The underlying tension in all of this is difficult to ignore. Some of the architects of contemporary corporate America came from Harvard Business School, but its alumni are increasingly leaving the school. Not yet, not in large quantities. However, it appears that the direction of travel is clear. The school’s senior managing director for career development, Kristen Fitzpatrick, presents the sharp increase in entrepreneurial interest in a positive light.
That makes sense.

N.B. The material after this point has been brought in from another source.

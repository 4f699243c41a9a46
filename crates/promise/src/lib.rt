// No code: the plain reader of document 01, lists of calls, and demand 3.
#![tactic(auto)]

However, it also raises issues that the data cannot resolve on its own: Are these graduates departing because opportunities have increased or because the conventional route seems less certain?
In response, the school has added second-year elective tracks that go beyond the typical finance and consulting pipeline, expanded its entrepreneurship programming, and developed its Career and Professional Development platform. It’s still unclear if that will be sufficient to align with the direction of the culture.
It is evident that despite its high cost and rigorous requirements, the Harvard MBA still opens doors that few other credentials can. More candidly than in earlier classes, its graduates are now questioning which doors are truly worthwhile.